//! One receive, whoever makes it: how long it waits, whether its round goes on, and how many strays are taken.
ghost use Rattle.std.specs.Prelude.{◌≡◌, ◌+◌, ◌<◌, ℕ, List, length, MatchOption};
ghost use Rattle.kad_base.specs.Limits.{max_round_receives, max_strays};
ghost use Rattle.query_book.specs.declared.Query.{Query};
ghost use Rattle.lookup_core.specs.Receiving.{IsEarliest, IsSoonest, WaitsUntil, goes_on};

use crate::state::Lookup;
use kad_base::limits::{MAX_ROUND_RECEIVES, MAX_STRAYS};

/// How long a receive waits, where this is the earliest deadline: to that where it begins a round, and else not at all.
pub fn wait_until(receives: u32, moment: u64, earliest: u64) -> u64
    ensures { (deadlines : List ℕ) → IsEarliest deadlines earliest
        → WaitsUntil receives moment deadlines result }
{
    if receives != 0 {
        return moment;
    }
    earliest
}

/// The receives of the round after a datagram, where this is the earliest deadline, if a query is open: none where the
/// round ends, as it does with no query open and at the 32nd.
pub fn round_after(receives: u32, earliest: Option<u64>) -> u32
    requires { receives < max_round_receives }
    ensures { (queries : List Query) → IsSoonest earliest queries
        → result ≡ goes_on receives (length queries) }
{
    match earliest {
        Some(_) => {}
        None => return 0,
    }
    if receives + 1 < MAX_ROUND_RECEIVES {
        return receives + 1;
    }
    0
}

/// One stray more; `None` if it is the last that is taken, which ends whoever waits.
pub fn stray_more(strays: u32) -> Option<u32>
    requires { strays < max_strays }
    ensures { MatchOption result (strays + 1 ≡ max_strays)
        (λ more. (more ≡ strays + 1) × (more < max_strays)) }
{
    let more = strays + 1;
    if more == MAX_STRAYS {
        return None;
    }
    Some(more)
}

impl Lookup {
    /// The earliest deadline of the open queries; `None` if none is open.
    pub fn earliest(&self) -> Option<u64>
        ensures { IsSoonest result self.now.queries }
    {
        self.queries.next_deadline()
    }
}
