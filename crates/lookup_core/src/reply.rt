//! What a datagram says, and to the query of which transaction id. It is read where it stands, and nothing is copied.
ghost use Rattle.std.specs.Prelude.{◌≡◌, ℕ, List, IfSome, MatchOption};
ghost use Rattle.kad_base.specs.Words.{word_bytes};
ghost use Rattle.kad_krpc.specs.Views.{answer_seen, message_seen};
ghost use Rattle.kad_krpc.specs.declared.message.Message.TheVariants as Message;
ghost use Rattle.lookup_core.specs.Reply.{said_seen};
ghost use Rattle.lookup_core.specs.Says.{SaysAll, SaysNothing, IsNoReply, IsNoId, IsRead};

use kad_base::limits::MAX_DATAGRAM;
use kad_bencode::Piece;
use kad_krpc::{AnswerView, Decoded, View, decode_top};

/// What a datagram says to an open query (BEP 5).
#[derive(Drop)]
pub enum ReplyView<'a> {
    Answer(AnswerView<'a>),
    /// An error message. Its text is passed over.
    Error { code: i64 },
}

/// A reply, and the transaction id of the query that it is to.
#[derive(Drop)]
pub struct SaidView<'a> {
    pub tx: u32,
    pub reply: ReplyView<'a>,
    /// The value that the datagram spells, in which its tag is sought.
    pub top: Piece<'a>,
}

/// The word whose four bytes the transaction id is; `None` if it has another length.
fn id_of(bytes: &[u8]) -> Option<u32>
    ensures { MatchOption result (IsNoId bytes.now) (λ w. bytes.now ≡ word_bytes w) }
{
    match bytes {
        [a, b, c, d] => Some(u32::from_le_bytes([*a, *b, *c, *d])),
        _ => None,
    }
}

/// An answer under this transaction id; `None` if no query of ours has it.
fn answer_to<'a>(tx: &[u8], answer: AnswerView<'a>, top: Piece<'a>) -> Option<SaidView<'a>>
    ensures says { MatchOption result (SaysNothing (Message.Answer tx.now (answer_seen answer.entry)))
        (λ said. SaysAll (Message.Answer tx.now (answer_seen answer.entry)) (said_seen said)) }
    ensures top { IfSome result (λ said. said.top ≡ top.entry) }
{
    match id_of(tx) {
        Some(word) => Some(SaidView {
            tx: word,
            reply: ReplyView::Answer(answer),
            top,
        }),
        None => None,
    }
}

/// An error message under this transaction id; `None` if no query of ours has it. Its text is passed over.
fn error_to<'a>(tx: &[u8], code: i64, top: Piece<'a>) -> Option<SaidView<'a>>
    ensures says { (text : List ℕ) → MatchOption result (SaysNothing (Message.Fault tx.now code text))
        (λ said. SaysAll (Message.Fault tx.now code text) (said_seen said)) }
    ensures top { IfSome result (λ said. said.top ≡ top.entry) }
{
    match id_of(tx) {
        Some(word) => Some(SaidView {
            tx: word,
            reply: ReplyView::Error { code },
            top,
        }),
        None => None,
    }
}

/// What a message says, and to whom; `None` if it is a query, or has a transaction id that no query of ours has.
fn reply_in<'a>(decoded: Decoded<'a>) -> Option<SaidView<'a>>
    ensures says { MatchOption result (SaysNothing (message_seen decoded.entry.view))
        (λ said. SaysAll (message_seen decoded.entry.view) (said_seen said)) }
    ensures top { IfSome result (λ said. said.top ≡ decoded.entry.top) }
{
    let Decoded { top, view } = decoded;
    match view {
        View::Query { .. } => None,
        View::Answer { tx, answer } => answer_to(tx, answer, top),
        View::Fault { tx, code, .. } => error_to(tx, code, top),
    }
}

/// What the datagram says, whoever asks; `None` if it is no reply at all, or may not be believed. Takes no memory.
pub fn read_reply<'a>(bytes: &'a [u8]) -> Option<SaidView<'a>>
    ensures { MatchOption result (IsNoReply bytes.now) (IsRead bytes.now) }
{
    if bytes.len() > MAX_DATAGRAM {
        return None;
    }
    match decode_top(bytes) {
        Ok(decoded) => reply_in(decoded),
        Err(_) => None,
    }
}
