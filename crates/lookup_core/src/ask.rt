//! Asking: what the book says may be asked becomes an open query, which its driver sends.
ghost use Rattle.std.specs.Prelude.{◌≡◌, ◌≤◌, ◌<◌, ◌+◌, ◌^◌, ◌∷◌, ◌++◌, [], length, List, None, IfSome, IfNone};
ghost use Rattle.std.specs.List.{AllByRecursion};
ghost use Rattle.kad_base.specs.Limits.{max_open};
ghost use Rattle.kad_base.specs.Words.{word};
ghost use Rattle.query_book.specs.declared.Query.{Query};
ghost use Rattle.query_book.specs.Queries.{IsFirstFree};
ghost use Rattle.claim_book.specs.declared.types.Cause.TheVariants.{SendFault};
ghost use Rattle.claim_book.specs.declared.types.Entry.TheVariants.{Lost};
ghost use Rattle.claim_book.specs.Calls.{asker};
ghost use Rattle.claim_book.specs.Journal.{may_ask};
ghost use Rattle.claim_book.specs.Legal.{Legal};
ghost use Rattle.claim_book.specs.State.{added};
ghost use Rattle.lookup_core.specs.Timeouts.{deadline_of};
ghost use Rattle.lookup_core.specs.LookupSteps.{Holds, asked_more, CanAsk, AsksNext, IsLastOpened, IsJustOpened};

use crate::on_reply::lose;
use crate::quest::Quest;
use crate::state::{DRIVER, Lookup};
use claim_book::{Book, BookCall, BookReply, Cause};
use id_puzzles::Words;
use kad_base::{Contact, Serial};
use query_book::{Full, Queries};

/// A query that was opened: whom it is to, and its transaction id.
#[derive(Clone, Copy, Debug, PartialEq, Eq)]
pub struct Asked {
    pub contact: Contact,
    pub tx: u32,
}

/// The contact that the path asks now; `None` if it may ask none.
fn next(book: &mut Book, path: u8) -> Option<Contact>
    ensures contact { result ≡ may_ask book.old.setting path book.old.journal }
    ensures after { book.new ≡ asked_more path book.old result }
    ensures legal { Legal book.old.setting book.old.journal }
{
    book.legal();
    match book.apply(DRIVER, BookCall::Next { path }) {
        BookReply::Ask { contact } => Some(contact),
        _ => None,
    }
}

/// Opens a query to the contact under the next drawn transaction id that is free, and answers the id.
fn open(
    queries: &mut Queries,
    words: &mut Words,
    timeout: u32,
    moment: u64,
    contact: Contact,
) -> u32
    requires room { length queries.old < max_open }
    requires deadlines { AllByRecursion (λ q. q.deadline ≤ deadline_of moment timeout) queries.old }
    requires place { words.old.place < 2 ^ 60 }
    ensures queries { queries.new ≡ queries.old ++ record {
      tx = result;
      contact = contact;
      deadline = deadline_of moment timeout;
    } ∷ [] }
    ensures id { IsFirstFree queries.old (word words.old.seed words.old.place) result }
    ensures words { words.new ≡ record words.old { place = words.old.place + 1 } }
{
    let deadline = moment.saturating_add(timeout as u64);
    match queries.open(words.next(), contact, deadline) {
        Ok(tx) => tx,
        Err(Full) => unreachable!(),
    }
}

impl Lookup {
    /// Opens a query to the contact that the path asks now, under the next word; `None` if it may ask none, and
    /// then no word is drawn. The caller sends it, and says by `unsent` where it can't.
    pub fn ask(&mut self, words: &mut Words, quest: &Quest, moment: u64, path: u8) -> Option<Asked>
        requires { CanAsk quest.now moment words.old self.old }
        ensures some { IfSome result (AsksNext (word words.old.seed words.old.place)
            (deadline_of moment quest.now.timeout) path self.old self.new) }
        ensures holds { Holds self.new }
        ensures drawn { IfSome result
            (λ asked. words.new ≡ record words.old { place = words.old.place + 1 }) }
        ensures none { IfNone result
            (may_ask self.old.book.setting path self.old.book.journal ≡ None) }
        ensures same { IfNone result (self.new ≡ self.old) }
        ensures same_words { IfNone result (words.new ≡ words.old) }
    {
        let contact = match next(&mut self.book, path) {
            Some(contact) => contact,
            None => return None,
        };
        let tx = open(&mut self.queries, words, quest.timeout, moment, contact);
        Some(Asked { contact, tx })
    }

    /// The query that was opened last could not be sent: it is closed again, and its contact is lost.
    pub fn unsent(&mut self, asked: Asked)
        requires { IsJustOpened asked self.old }
        ensures queries { (before : List Query) → IsLastOpened asked before self.old
            → self.new.queries ≡ before }
        ensures book { self.new.book ≡ added self.old.book
            (Lost (asker asked.contact self.old.book.journal) asked.contact SendFault) }
        ensures holds { Holds self.old → Holds self.new }
    {
        self.book.legal();
        self.queries.take(asked.tx, asked.contact.addr);
        lose(&mut self.book, asked.contact, Cause::SendFault);
    }
}
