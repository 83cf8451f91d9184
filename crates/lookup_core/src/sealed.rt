//! What a sealed lookup asks of a reply: a tag of who says it.
ghost use Rattle.std.specs.Prelude.{◌≡◌, ◌↔◌, ℕ, List, IsTrue, IfOk};
ghost use Rattle.kad_bencode.specs.Spelling.{Spells};
ghost use Rattle.lookup_core.specs.Reply.{reply_seen};
ghost use Rattle.lookup_core.specs.Sealed.{HasTag, IsSealed, speaker};

use crate::reply::{ReplyView, SaidView};
use kad_base::{Contact, Id, NoMemory};
use kad_bencode::Piece;
use kad_krpc::parts_of;
use seal_tags::SealCheck;
use std::alloc::Global;

/// Who says the reply to a query that this contact was asked: an answer names its own identifier, an error message none.
fn speaker(contact: &Contact, reply: &ReplyView) -> Id
    ensures { result ≡ speaker contact.now (reply_seen reply.now) }
{
    match reply {
        ReplyView::Answer(answer) => answer.id,
        ReplyView::Error { .. } => contact.id,
    }
}

/// Whether a datagram that spells this value carries a tag that is accepted for what the node with this identifier says.
fn has_tag<G: SealCheck>(alloc: Global, seal: &G, top: &Piece, id: &Id) -> Result<bool, NoMemory>
    ensures { IfOk result (λ has. (bytes : List ℕ) → Spells bytes top.now
        → IsTrue has ↔ HasTag (G.accepted seal.now) bytes id.now) }
{
    let parts = match parts_of(alloc, top) {
        Ok(Some(parts)) => parts,
        Ok(None) => return Ok(false),
        Err(NoMemory) => return Err(NoMemory),
    };
    Ok(seal.accepts(id, parts.body.as_slice(), parts.tag.as_slice()))
}

/// Whether a datagram in which this was read is sealed as is asked for, if it replies to a query that the contact was asked.
/// Costs nothing if no tag is asked for.
pub fn is_sealed<G: SealCheck>(
    alloc: Global,
    sealed: bool,
    seal: &G,
    contact: &Contact,
    said: &SaidView,
) -> Result<bool, NoMemory>
    ensures { IfOk result (λ is. (bytes : List ℕ) → Spells bytes said.now.top
        → IsTrue is ↔ IsSealed sealed (G.accepted seal.now) bytes
        (speaker contact.now (reply_seen said.now.reply))) }
{
    if !sealed {
        return Ok(true);
    }
    has_tag(alloc, seal, &said.top, &speaker(contact, &said.reply))
}
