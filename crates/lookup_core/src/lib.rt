//! One lookup without link, clock and table: its book, its open queries, and what each call on it asks, hears and
//! loses. Who drives it sends what it asks, and says what came and when; it hands out who was lost and what was heard.
#![tactic(auto)]

mod ask;
mod expire;
mod gather;
mod on_reply;
mod quest;
mod receiving;
mod reply;
mod sealed;
mod state;
mod unsettled;

pub use ask::Asked;
pub use gather::{Gathered, Item, ItemList, Token, Tokened, in_order, keep, nothing};
pub use on_reply::{Answered, Taken};
pub use quest::{AskKind, Quest, brought};
pub use receiving::{round_after, stray_more, wait_until};
pub use reply::{ReplyView, SaidView, read_reply};
pub use sealed::is_sealed;
pub use state::Lookup;
pub use unsettled::has_some;
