//! Expiring: whose time has passed is lost.
ghost use Rattle.std.specs.Prelude.{◌≡◌, ◌<◌, All, IfSome, IfNone};
ghost use Rattle.lookup_core.specs.LookupSteps.{Holds, LosesOldest};

use crate::on_reply::lose;
use crate::state::Lookup;
use claim_book::Cause;
use kad_base::{Contact, Serial};

impl Lookup {
    /// Loses the contact of the oldest query, if it is overdue at the moment, and hands it out; `None` if no query
    /// is overdue. The caller tells its table.
    pub fn overdue(&mut self, at: u64) -> Option<Contact>
        requires { Holds self.old }
        ensures some { IfSome result (λ contact. LosesOldest at contact self.old self.new) }
        ensures holds { Holds self.new }
        ensures none { IfNone result (All (λ q. at < q.deadline) self.old.queries) }
        ensures same { IfNone result (self.new ≡ self.old) }
    {
        self.book.legal();
        match self.queries.overdue(at) {
            Some(contact) => {
                lose(&mut self.book, contact, Cause::Timeout);
                Some(contact)
            }
            None => None,
        }
    }
}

Task to carry out
Nothing but the lines from the one with "use claim_book::Cause;" through the final line of the data belongs in the answer, and they must match exactly.

Exercise output
use claim_book::Cause;
use kad_base::{Contact, Serial};

impl Lookup {
    /// Loses the contact of the oldest query, if it is overdue at the moment, and hands it out; `None` if no query
    /// is overdue. The caller tells its table.
    pub fn overdue(&mut self, at: u64) -> Option<Contact>
        requires { Holds self.old }
        ensures some { IfSome result (λ contact. LosesOldest at contact self.old self.new) }
        ensures holds { Holds self.new }
        ensures none { IfNone result (All (λ q. at < q.deadline) self.old.queries) }
        ensures same { IfNone result (self.new ≡ self.old) }
    {
        self.book.legal();
        match self.queries.overdue(at) {
            Some(contact) => {
                lose(&mut self.book, contact, Cause::Timeout);
                Some(contact)
            }
            None => None,
        }
    }
}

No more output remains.